13.4 Common reasons an R Markdown script does not knit
- There are many reasons why your script may not knit. We list below some common ones.
- Your file may be saved as a .R file and it needs to be saved as a .Rmd file in order to knit.
- Perhaps you have included an
install.packages()
command in your script, which will cause knit to fail. Hashtag # thetinstall.packages()
command after the package is installed, or delete that line. You cannot install packages in the R Markdown environment that opens when you knit the script. - It may also be the case that the R Markdown script includes the command to have R load a package, that is, with the
library()
command, but the package is not actually installed on your computer. In that case, the knitting will fail. You will need to install the relevant package, and after installing, try to knit again. - Relatedly, your script asks R to run a command, but the package for that command has not been loaded with a
library()
command in the script. - You may have a space before the beginning of a code chunk’s three back-ticks. The backticks must be flush with left margin. When they are flush, and when in R Markdown mode, the code chunk will be gray
- Possibly your YAML at the top is not correct. Go copy a YAML from a template and replace what you have.
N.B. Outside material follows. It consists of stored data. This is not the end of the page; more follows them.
//! Graphs in which some registers name no node of a segment.
//!
//! A register may hold the address of the first node of a segment, or of its last. The segment is split into its cases, and each of them in turn, until none of the
//! registers names a node of a segment. The graphs stand together for exactly the states of the graph. The crate knows no step.
#![tactic(auto)]

mod cases;
pub mod laws;
mod settling;

pub use settling::settled;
The first code chunk should start right after the YAML.
- The most important problem in R Markdown is setting the working directory in the R Markdown environment in order to read in files on your computer harddrive. If you are reading in files from your harddrive, your working directory needs to be set correctly. It is usually good to use the setwd() command right before the read.csv() command (or any other command that is reading in data from computer, rather than from an Internet address). Have both in the same code chunk, first setting the directory then reading data file.
One final thing to notice. When you open an R Markdown file, in the script window the lower right hand corner tells you the mode is R Markdown, and not R Script. You can toggle between the different modes, but usually you would stay in R Markdown mode when working on an R Markdown script.
13.5 Summary
- It may be useful to close with some key points, concepts, commands, and options:
- Knit: weaves together results of code and text to create a report, for an appropriate script written in the R Markdown syntax.
- In the text chunk, backticks can be used to embed R commands so the results appear in the text.
- An R Markdown cheat sheet is available from R Studio and is very helpful. Search for it in Google or use this url address: https://rmarkdown.rstudio.com/lesson-15.html
- Options in each code chunk can be used to control appearance. The echo=FALSE option is the most important, so that your report does not also include the underlying code.
- Other good options to include in the code chunk first line are messages=FALSE, comment=NA and warnings=FALSE.